If I understand correctly your problem, since you have the corner points, a solution might be to use pp_drawsphericalpoly from my library (http://www.ppenteado.net/idl/pp_lib/doc/).

Se the 5th example plot in http://www.ppenteado.net/idl/pp_lib/doc/pp_drawsphericalpoly .html, it is the one with polygons spanning the pole.

Paulo

On Thursday, June 2, 2016 at 7:22:27 AM UTC-7, audrey.sch...@gmail.com wrote:
> Hi everyone!
>
> I thought I had a rather simple (and common) problem, but I just can't seem to find the hang of how to solve this:
>
> I have a satellite that is flying around the Moon in a circular orbit with fixed altitude. The instrument on board the satellite is nadir pointing, has a fixed field-of-view, the surface projection of which is 150 x 25 km^2 (you can imagine the instrument being fixed in space and the Moon turning beneath the instrument). I now have a dataset of measured counts and associated longitude x latitude pair (either as boresight point, or as an array of four corner points).
>
> What I would like to do is map my counts onto the footprint of my rectangular field-of-view (around the boresight, or spanning the four corner points).
>
> This works well for the equatorial region: I just create a 360 x 180 float array, and for each measurement distribute the counts from the min(corners_longitudes), min(corners_latitudes) to the max(corners_longitudes), max(corners_latitudes).
>
> At the poles this obviously does not work, because at the poles a rectangular field-of-view projection has non-consecutive longitude, latitude values (they kind of jump around in value if part of the field-of-view is beyond the pole). I assume I have to do some triangulation, and fill all triangles within the triangles associated with the corner points. But I just can't seem to figure out how to do this.
>
> Does anyone have a solution to this problem?
>
> best,
> Audrey
Re: satellite field of view pole projection [message #93282 is a reply to message #93281] Thu, 02 June 2016 23:27 Go to previous messageGo to next message
audrey.schaufelberger is currently offline  audrey.schaufelberger
Messages: 10
Registered: June 2014
Junior Member
thank you, that looks exactly like what I want to plot, but unfortunately I seem to already fail a step earlier in the process if I use your approach.

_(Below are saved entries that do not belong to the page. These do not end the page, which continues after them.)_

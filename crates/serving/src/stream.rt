//! The stream of a connection, as its records are read and its replies written.

use crate::phase::Phase;
use std::io::{self, Read, Write};
use std::net::TcpStream;
use std::sync::{Mutex, Wait};
use std::time::Duration;

/// How many milliseconds a read or a write waits at once, in a run that can be told to stop.
const LOOK: u64 = 250;

/// How many such waits there are in a second.
const LOOKS_OF_A_SECOND: u64 = 4;

/// How many such waits a write has once the run is to end: ten seconds.
const LAST_LOOKS: u64 = 40;

/// How long a stream waits for bytes to read, and for room to write.
#[derive(Clone, Copy)]
pub(crate) struct Timeouts {
    /// How long the system waits at once; for ever if none is given.
    wait: Option<Duration>,
    /// How many times it waits so long.
    turns: u64,
}

impl Timeouts {
    /// The timeouts of a run whose connections may be silent for `idle` seconds, or for ever if none is
    /// given.
    /// Where the run can be told to stop, the stream looks for that four times a second.
    pub(crate) fn new(idle: Option<u32>, has_control: bool) -> Timeouts {
        let seconds = idle.map(u64::from);
        if has_control {
            return Timeouts {
                wait: Some(Duration::from_millis(LOOK)),
                turns: seconds.map_or(u64::MAX, |s| s.saturating_mul(LOOKS_OF_A_SECOND)),
            };
        }
        Timeouts {
            wait: seconds.map(Duration::from_secs),
            turns: 1,
        }
    }

    /// Sets the timeouts of a stream. Where they can't be set it waits for ever.
    pub(crate) fn set(self, stream: &TcpStream) {
        let _ = stream.set_read_timeout(self.wait);
        let _ = stream.set_write_timeout(self.wait);
    }
}

/// A client's stream. A read that times out finds the end of the stream, as does each read once the run is to
/// end. The last error of a read or a write is kept.
#[derive(Drop)]
pub(crate) struct ClientStream<'a, R> {
    rt: &'a R,
    stream: &'a TcpStream,
    phase: &'a Mutex<Phase>,
    timeouts: Timeouts,
    last: Option<io::Error>,
}

impl<'a, R: Wait> ClientStream<'a, R> {
    /// A stream of a run in this phase, with the timeouts that were set for it.
    pub(crate) fn new(
        rt: &'a R,
        stream: &'a TcpStream,
        phase: &'a Mutex<Phase>,
        timeouts: Timeouts,
    ) -> ClientStream<'a, R> {
        ClientStream {
            rt,
            stream,
            phase,
            timeouts,
            last: None,
        }
    }

    /// The last error, if there was one.
    pub(crate) fn last(&self) -> Option<io::Error> {
        self.last
    }

    /// Whether the run is to end.
    fn is_stopping(&self) -> bool {
        *self.phase.lock(self.rt) != Phase::Serving
    }

    /// Keeps an error, and returns it.
    fn noted(&mut self, error: io::Error) -> io::Error {
        self.last = Some(error);
        error
    }
}

impl<'a, R: Wait> Read for ClientStream<'a, R> {
    fn read(&mut self, buf: &mut [u8]) -> io::Result<usize> {
        for turn in 1..u64::MAX {
            if self.is_stopping() {
                return Ok(0);
            }
            match (&mut self.stream).read(buf) {
                Ok(count) => return Ok(count),
                Err(error) if error.kind() != io::ErrorKind::WouldBlock => {
                    return Err(self.noted(error));
                }
                Err(_) if turn >= self.timeouts.turns => return Ok(0),
                Err(_) => {}
            }
        }
        Ok(0)
    }
}

impl<'a, R: Wait> Write for ClientStream<'a, R> {
    fn write(&mut self, bytes: &[u8]) -> io::Result<usize> {
        for turn in 1..u64::MAX {
            match (&mut self.stream).write(bytes) {
                Ok(count) => return Ok(count),
                Err(error) if error.kind() != io::ErrorKind::WouldBlock => {
                    return Err(self.noted(error));
                }
                Err(_) if turn >= self.timeouts.turns => break,
                Err(_) if turn >= LAST_LOOKS && self.is_stopping() => break,
                Err(_) => {}
            }
        }
        Err(self.noted(io::Error::from(io::ErrorKind::TimedOut)))
    }

    fn flush(&mut self) -> io::Result<()> {
        Ok(())
    }
}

In your example you have a certain number of field-of-views you want to plot, which are not overlapping. In my question I was only talking about one orbit, and in that case your solution would work well.

But I actually have hundreds of orbits, where the fields-of-view overlap. I would like to average these measurements before I plot them. I am not sure how this actually influences the mapping process...

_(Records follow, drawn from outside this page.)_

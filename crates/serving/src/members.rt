//! The nodes of a run, with their keys.

ghost use Rattle.std.specs.Prelude.{◌≡◌, ◌≤◌, IfOk};
ghost use Rattle.node_keys.specs.Masters.{master_of};
ghost use Rattle.serve_options.specs.Options.{AreServeOptions};

use crate::order::Order;
use crate::run::ServeFault;
use auditing::{AuditOutput, Shelf};
use authenticator::{Kind, Member, Roster};
use node_keys::KeyedNode;
use nodes::{ClientNode, HonestServer};
use std::alloc::{AllocError, Global};
use std::io::Write;
use std::thread::Threads;

/// The number of the server. The clients have the numbers after it.
pub(crate) const SERVER: u32 = 1;

/// The nodes of a run: a server and its clients, by rising numbers.
#[derive(Drop)]
pub(crate) struct Nodes {
    pub(crate) roster: Roster,
    pub(crate) server: HonestServer,
    pub(crate) clients: Vec<ClientNode>,
}

/// Makes a node's keys, and says so where progress is to be told.
fn make_keys<R: Threads + Sync, E: Write, S: Shelf>(
    rt: &R,
    alloc: Global,
    order: &Order<'_>,
    number: u32,
    kind: Kind,
    height: u32,
    output: &mut AuditOutput<E, S>,
) -> Result<KeyedNode, AllocError>
    requires some { 1 ≤ height }
    requires low { height ≤ 15 }
    ensures { IfOk result (λ k. k ≡ record {
      number = number;
      kind = kind;
      log_version = order.now.options.log_version;
      masters = order.now.masters;
      signer = record { master = master_of order.now.masters number; height = height; used = 0 };
    }) }
{
    let keyed = KeyedNode::make(
        rt,
        alloc,
        order.masters,
        number,
        kind,
        order.options.log_version,
        height,
    )?;
    if order.options.progress {
        let keys = 1u32 << height;
        output.say(format!(in alloc; "nfsacc: node {number}: {keys} keys made\n"));
    }
    Ok(keyed)
}

/// Makes all nodes of a run, with new keys.
pub(crate) fn make_nodes<R: Threads + Sync, E: Write, S: Shelf>(
    rt: &R,
    alloc: Global,
    order: &Order<'_>,
    output: &mut AuditOutput<E, S>,
) -> Result<Nodes, ServeFault>
    requires { AreServeOptions order.now.options }
{
    let server = make_keys(
        rt,
        alloc,
        order,
        SERVER,
        Kind::Server,
        order.options.heights.server,
        output,
    )?;
    match client_keys(rt, alloc, order, output) {
        Ok(clients) => nodes_of(alloc, server, clients),
        Err(AllocError) => Err(ServeFault::NoMemory),
    }
}

/// Makes the keys of the clients, by rising numbers.
fn client_keys<R: Threads + Sync, E: Write, S: Shelf>(
    rt: &R,
    alloc: Global,
    order: &Order<'_>,
    output: &mut AuditOutput<E, S>,
) -> Result<Vec<KeyedNode>, AllocError>
    requires { AreServeOptions order.now.options }
{
    let mut clients = Vec::with_capacity(alloc, order.options.connections as usize)?;
    for place in 0..order.options.connections {
        let number = SERVER + 1 + place;
        let height = order.options.heights.client;
        clients.push(make_keys(rt, alloc, order, number, Kind::Client, height, output)?)?;
    }
    Ok(clients)
}

/// The nodes that have these keys.
fn nodes_of(
    alloc: Global,
    server: KeyedNode,
    clients: Vec<KeyedNode>,
) -> Result<Nodes, ServeFault> {
    let roster = roster_of(alloc, &server, &clients)?;
    let clients = clients_of(alloc, &roster, clients)?;
    match server_of(alloc, &roster, server) {
        Ok(server) => Ok(Nodes {
            roster,
            server,
            clients,
        }),
        Err(fault) => Err(fault),
    }
}

/// The roster of a server and its clients.
fn roster_of(
    alloc: Global,
    server: &KeyedNode,
    clients: &[KeyedNode],
) -> Result<Roster, ServeFault> {
    let mut members = Vec::with_capacity(alloc, clients.len() + 1)?;
    members.push(server.member())?;
    for client in clients {
        members.push(client.member())?;
    }
    Roster::new(members).map_err(|_| ServeFault::NoMemory)
}

/// The server, made with a roster.
fn server_of(alloc: Global, roster: &Roster, keyed: KeyedNode) -> Result<HonestServer, ServeFault> {
    let roster = roster.try_clone(alloc)?;
    or_no_memory(HonestServer::new(keyed.make_node(alloc, roster)?))
}

/// What was made, or `NoMemory`. The types are parameters, so that the proof knows nothing of what they own.
fn or_no_memory<T: Drop, E: Drop>(outcome: Result<T, E>) -> Result<T, ServeFault> {
    match outcome {
        Ok(value) => Ok(value),
        Err(_) => Err(ServeFault::NoMemory),
    }
}

/// The clients, made with a roster.
fn clients_of(
    alloc: Global,
    roster: &Roster,
    keyed: Vec<KeyedNode>,
) -> Result<Vec<ClientNode>, AllocError> {
    let mut clients = Vec::with_capacity(alloc, keyed.len())?;
    for one in keyed {
        let roster = roster.try_clone(alloc)?;
        clients.push(one.make_node(alloc, roster)?)?;
    }
    Ok(clients)
}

So far (for the equatorial region) I have simply been adding up the counts in one array, and have been creating a second array where I sum up the 'exposure' (how many times a surface element was seen). I then divided the first array by the second, the result of which I plotted.

If I wanted to use your approach, I would like to make use of the part where I determine what region a rectangle covers, but would then need to somehow be able to further process the result, and not directly plot it.

Any ideas?

best,
Audrey
Re: satellite field of view pole projection [message #93283 is a reply to message #93281] Thu, 02 June 2016 23:29 Go to previous messageGo to next message
audrey.schaufelberger is currently offline  audrey.schaufelberger
Messages: 10
Registered: June 2014
Junior Member
what I forgot to mention: I have the complete SPICE kernels available... maybe that helps?
Re: satellite field of view pole projection [message #93361 is a reply to message #93282] Thu, 23 June 2016 18:21 Go to previous message
penteado is currently offline  penteado
Messages: 866
Registered: February 2018
Senior Member
Administrator
The functionality to handle overlapping polygons, keeping track of everything that falls on each point in the map, so that one can decide on how to combine these values (take a mean, remove outliers, choose the stacking order, etc.) was lurking in pp_drawsphericalpoly, but because I had not decided on the algorithm and API, I had not documented it. I made some changes when I used it last week, and now I added some documentation, including some examples, of how to handle that (most relevant keywords are do_stack, stackmap and stackcount). I will probably add some alternative algorithms in the future, which would be chosen using other values for the keyword do_stack (at this time the only usable one is do_stack=1).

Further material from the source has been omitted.